Fonds africain de développement : 11 milliards de dollars pour changer d’échelle.
Le Fonds africain de développement (FAD) vient de franchir un seuil symbolique et stratégique. À l’issue de la 17ᵉ reconstitution de ses ressources (FAD-17), le guichet concessionnel de la Banque africaine de développement (BAD) a mobilisé 11 milliards de dollars, un montant historique dans un contexte mondial marqué par la contraction de l’aide publique et la montée des risques économiques.
Cette mobilisation, annoncée en décembre 2025 à Londres, envoie un signal clair : malgré les tensions budgétaires internationales, l’Afrique reste au cœur des priorités du financement du développement.

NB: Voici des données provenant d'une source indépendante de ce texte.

//! SOAP 1.2 faults as documents.

ghost use Rattle.std.specs.Prelude.{◌≡◌, [], ◌∷◌, ◌++◌, IfOk, IsTrue, OnOk, codes};
ghost use Rattle.std.specs.List.{flat_map, list_all};
ghost use Rattle.std.specs.Str.{is_utf8};
ghost use Rattle.soap_envelope.specs.Faults as spec;
ghost use Rattle.soap_envelope.specs.Faults.{code_items, code_text, ended_texts, fault_body, fault_items, front_items, is_nameable, not_understood_block, reason_items, rest_items, subcode_items, sub_texts, value_items};
ghost use Rattle.soap_envelope.specs.Making.{AreTexts, envelope_items};

use crate::blocks::QualifiedName;
use crate::body::copies;
use crate::making::{document, put_action, put_ending, put_middle, put_opening};
use crate::moving::turned;
use crate::puts::{put_attribute, put_close, put_start, put_text, put_xmlns};
use crate::report::{Code, FaultReport, Sub};
use crate::versions::Addressing;
use nbfx_values::{Copied, Doc, Items, Scalar, Txt, Value};
use std::alloc::Global;
use unit_streams::Memory;

// How many items stand in a fault before the texts that it relates to, if there are some.
const FRONT_ITEMS: usize = 9;

impl Code {
    // The name, with the prefix that every fault declares.
    fn text(self) -> &'static str
        ensures { result.now ≡ code_text self }
    {
        match self {
            Code::VersionMismatch => "s:VersionMismatch",
            Code::MustUnderstand => "s:MustUnderstand",
            Code::Sender => "s:Sender",
            Code::Receiver => "s:Receiver",
        }
    }
}

// The Value of a code or a subcode.
fn put_value(alloc: Global, items: &mut Items, text: &str) -> Result<(), Memory>
    ensures { OnOk result (items.new ≡ items.old ++ value_items text.now) }
{
    put_start(alloc, items, "s", "Value")?;
    let text = Txt::of(alloc, text)?;
    put_text(items, text)?;
    put_close(items)?;
    Ok(())
}

// A subcode without another in it.
fn put_subcode(alloc: Global, items: &mut Items, text: &str) -> Result<(), Memory>
    ensures { OnOk result (items.new ≡ items.old ++ subcode_items (text.now ∷ [])) }
{
    put_start(alloc, items, "s", "Subcode")?;
    put_value(alloc, items, text)?;
    put_close(items)?;
    Ok(())
}

// A subcode, and another one in it.
fn put_nested(alloc: Global, items: &mut Items, outer: &str, inner: &str) -> Result<(), Memory>
    ensures { OnOk result
        (items.new ≡ items.old ++ subcode_items (outer.now ∷ inner.now ∷ [])) }
{
    put_start(alloc, items, "s", "Subcode")?;
    put_value(alloc, items, outer)?;
    put_subcode(alloc, items, inner)?;
    put_close(items)?;
    Ok(())
}

// The subcodes of a fault, if it has some.
fn put_sub(alloc: Global, items: &mut Items, sub: Sub) -> Result<(), Memory>
    ensures { OnOk result (items.new ≡ items.old ++ subcode_items (sub_texts sub)) }
{
    let bad = "a:InvalidAddressingHeader";
    match sub {
        Sub::None => Ok(()),
        Sub::HeaderRequired => put_subcode(alloc, items, "a:MessageAddressingHeaderRequired"),
        Sub::ActionNotSupported => put_subcode(alloc, items, "a:ActionNotSupported"),
        Sub::OnlyAnonymous => put_nested(alloc, items, bad, "a:OnlyAnonymousAddressSupported"),
        Sub::InvalidCardinality => put_nested(alloc, items, bad, "a:InvalidCardinality"),
    }
}

// The reason in English.
fn put_reason(alloc: Global, items: &mut Items, reason: &Txt) -> Result<(), Memory>
    ensures { OnOk result (items.new ≡ items.old ++ reason_items reason.now) }
{
    put_start(alloc, items, "s", "Reason")?;
    put_start(alloc, items, "s", "Text")?;
    let english = Value::One(Scalar::Text(Txt::of(alloc, "en")?));
    put_attribute(alloc, items, "xml", "lang", english)?;
    put_text(items, reason.copy()?)?;
    put_close(items)?;
    put_close(items)?;
    Ok(())
}

// The code of a fault, with its subcodes.
fn put_code(alloc: Global, items: &mut Items, report: &FaultReport<'_>) -> Result<(), Memory>
    ensures { OnOk result (items.new ≡ items.old ++ code_items report.now) }
{
    put_start(alloc, items, "s", "Code")?;
    put_value(alloc, items, report.code.text())?;
    put_sub(alloc, items, report.sub)?;
    put_close(items)?;
    Ok(())
}

// The content of a fault's Body.
fn put_fault(alloc: Global, items: &mut Items, report: &FaultReport<'_>) -> Result<(), Memory>
    ensures { OnOk result (items.new ≡ items.old ++ fault_body report.now) }
{
    put_start(alloc, items, "s", "Fault")?;
    put_code(alloc, items, report)?;
    put_reason(alloc, items, &report.reason)?;
    put_close(items)?;
    Ok(())
}

// A local name with the prefix that its block declares.
fn prefixed(alloc: Global, local: &str) -> Result<Txt, Memory>
    ensures same { IfOk result (λ text. text ≡ codes "n:" ++ local.now) }
    ensures utf8 { IfOk result (λ text. IsTrue (is_utf8 text)) }
{
    let mut text = String::from_str(alloc, "n:")?;
    text.push_str(local)?;
    let text = Txt::from(text);

    // Characters are UTF-8.
    let _characters = text.as_str();
    Ok(text)
}

// The block that names what wasn't understood.
fn put_not_understood(
    alloc: Global,
    items: &mut Items,
    name: &QualifiedName<'_>,
) -> Result<(), Memory>
    ensures put { OnOk result (items.new ≡ items.old ++ not_understood_block name.now) }
    ensures uri { OnOk result (IsTrue (is_utf8 name.now.uri)) }
    ensures qname { OnOk result (IsTrue (is_utf8 (codes "n:" ++ name.now.local))) }
{
    put_start(alloc, items, "s", "NotUnderstood")?;
    put_xmlns(alloc, items, "n", name.uri)?;
    let qname = prefixed(alloc, name.local)?;
    put_attribute(alloc, items, "", "qname", Value::One(Scalar::Text(qname)))?;
    put_close(items)?;
    Ok(())
}

// The blocks that name what wasn't understood.
fn put_names(alloc: Global, items: &mut Items, names: &[QualifiedName<'_>]) -> Result<(), Memory>
    ensures put { OnOk result (items.new ≡ items.old ++ flat_map not_understood_block names.now) }
    ensures valid { OnOk result (IsTrue (list_all is_nameable names.now)) }
{
    for name in names {
        put_not_understood(alloc, items, name)?;
    }
    Ok(())
}

// The texts that a fault relates to, and the end of their block, if there are some.
fn ended_relates(relates: Items) -> Result<Items, Memory>
    ensures { IfOk result (λ items. items ≡ ended_texts relates) }
{
    let mut items = relates;
    if !items.as_slice().is_empty() {
        put_close(&mut items)?;
    }
    Ok(items)
}

// A fault with this action up to the texts that it relates to, if there are some.
fn put_front(
    alloc: Global,
    items: &mut Items,
    version: Addressing,
    action: Txt,
    relates: bool,
) -> Result<(), Memory>
    ensures { OnOk result (items.new ≡ items.old ++ front_items version action relates) }
{
    put_opening(alloc, items, version)?;
    put_action(alloc, items, action)?;
    if relates {
        put_start(alloc, items, "a", "RelatesTo")?;
    }
    Ok(())
}

// What stands in a fault behind the block that names the message.
fn put_rest(alloc: Global, items: &mut Items, report: &FaultReport<'_>) -> Result<(), Memory>
    ensures put { OnOk result (items.new ≡ items.old ++ rest_items report.now) }
    ensures names { OnOk result (IsTrue (list_all is_nameable report.now.names)) }
{
    put_names(alloc, items, report.names.as_slice())?;
    put_middle(alloc, items)?;
    put_fault(alloc, items, report)?;
    put_ending(items)?;
    Ok(())
}

// A fault with this action. What stands before the texts that it relates to is put behind them, and
// changes place with them then, so that there is one list of items, that of the texts.
fn report_with(
    alloc: Global,
    version: Addressing,
    action: Txt,
    relates: Items,
    report: &FaultReport<'_>,
) -> Result<Items, Memory>
    ensures made { IfOk result (λ items. items ≡ envelope_items version action relates
        (flat_map not_understood_block report.now.names) (fault_body report.now)) }
    ensures names { OnOk result (IsTrue (list_all is_nameable report.now.names)) }
{
    let has_relates = !relates.as_slice().is_empty();
    let mut items = ended_relates(relates)?;
    put_rest(alloc, &mut items, report)?;
    let behind = items.len();
    put_front(alloc, &mut items, version, action, has_relates)?;
    Ok(turned(items, behind))
}

/// The envelope of a fault (SOAP 1.2 Part 1, 5.4; WS-Addressing 1.0, SOAP Binding, 6), in the
/// version of addressing of the request that it answers: its RelatesTo has these texts, those of
/// the request's MessageID. Under version 1.0 its Action is that of WS-Addressing's faults if it
/// has a subcode, else that of SOAP's; the version of August 2004 has one Action for all faults. It
/// fails without memory for it.
pub fn fault_doc(
    alloc: Global,
    version: Addressing,
    report: &FaultReport<'_>,
    relates: &Items,
) -> Result<Doc, Memory>
    requires { AreTexts relates.now }
    ensures { IfOk result (λ doc. doc ≡ fault_items version report.now relates.now) }
{
    fault_doc_with(alloc, version, report, relates.copy()?)
}

/// The same fault, but the texts aren't copied: their list becomes the fault's. It fails without
/// memory for the rest.
pub fn fault_doc_with(
    alloc: Global,
    version: Addressing,
    report: &FaultReport<'_>,
    relates: Items,
) -> Result<Doc, Memory>
    requires { AreTexts relates }
    ensures { IfOk result (λ doc. doc ≡ fault_items version report.now relates) }
{
    let action = Txt::of(alloc, version.fault_action(report.sub))?;
    let items = report_with(alloc, version, action, relates, report)?;

    // Characters are UTF-8.
    let _reason = report.reason.as_str();
    Ok(document(items))
}

/// A copy of the texts that a fault relates to, which are so many. It fails without memory for it.
pub fn related_texts(alloc: Global, fault: &Doc, count: usize) -> Result<Items, Memory>
    ensures { IfOk result (λ texts. texts ≡ spec.related_texts count fault.now) }
{
    let items = fault.items().as_slice();
    let first = FRONT_ITEMS.min(items.len());
    let texts = &items[first..];
    copies(alloc, &texts[..count.min(texts.len())])
}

Un record dans un contexte mondial contraint
La performance du FAD est d’autant plus notable qu’elle intervient à un moment où de nombreux pays donateurs réduisent leurs engagements extérieurs. Avec 11 milliards USD, le FAD-17 enregistre une hausse d’environ 23 % par rapport au cycle précédent (FAD-16), qui avait mobilisé 8,9 milliards USD.
La conférence de reconstitution, coorganisée par le Royaume-Uni et le Ghana, a réuni 43 partenaires, confirmant la confiance des bailleurs dans la capacité de la BAD à transformer des ressources concessionnelles en projets concrets à fort impact.
Un tournant majeur, l’Afrique contribue à son propre Fonds
C’est l’un des faits les plus marquants de ce cycle : 23 pays africains ont contribué financièrement à la reconstitution du FAD, pour un montant total de 182,7 millions USD, contre un niveau marginal lors des cycles précédents.
Parmi eux, 19 pays participaient pour la première fois, illustrant un changement profond de posture. L’Afrique ne se positionne plus uniquement comme bénéficiaire de l’aide, mais comme acteur et cofinanceur de son développement.
Ce signal politique est fort : il renforce la crédibilité du Fonds et ouvre la voie à une appropriation africaine accrue des priorités de développement.
Vers un nouveau modèle, de l’aide à l’investissement
Au-delà du montant, le FAD-17 marque une évolution structurelle du modèle financier. Le Fonds s’oriente désormais vers une logique plus proche de l’investissement que de l’aide traditionnelle.
Concrètement, cela signifie :
- une capacité accrue à lever des ressources sur les marchés,
- l’introduction d’instruments financiers innovants,
- une meilleure mobilisation du capital privé,
- un effet de levier renforcé : chaque dollar du FAD permet déjà de mobiliser plus de 2,5 dollars supplémentaires.
L’objectif est clair : faire du FAD un catalyseur de transformation économique, capable d’absorber plus de risques tout en finançant des projets structurants.
Des priorités ciblées pour les pays les plus vulnérables
Les ressources du FAD-17 seront déployées au bénéfice de 37 pays africains à faible revenu ou en situation de fragilité. Les financements se concentreront sur cinq axes majeurs :
- accès à l’énergie et transition énergétique,
- sécurité alimentaire et transformation agricole,
- capital humain (éducation, santé, emploi),
- intégration régionale et commerce intra-africain,
- infrastructures résilientes face aux chocs climatiques et économiques.
Un accent particulier sera maintenu sur les pays sortant de crise, via des mécanismes dédiés d’appui à la transition.
Un message politique et économique fort
Dans un environnement international incertain, la réussite du FAD-17 constitue un message de confiance adressé aux marchés, aux investisseurs et aux gouvernements africains. Elle confirme le rôle central de la Banque africaine de développement comme pilier du financement du développement sur le continent.
Lever 11 milliards de dollars dans un monde où l’aide se raréfie n’est pas un simple succès comptable. C’est la preuve que le financement du développement africain est en train de changer de nature. Moins dépendant, plus stratégique, davantage tourné vers l’investissement et la responsabilité partagée, le FAD-17 esquisse une nouvelle trajectoire : celle d’une Afrique qui finance son avenir avec ses partenaires, mais aussi avec elle-même.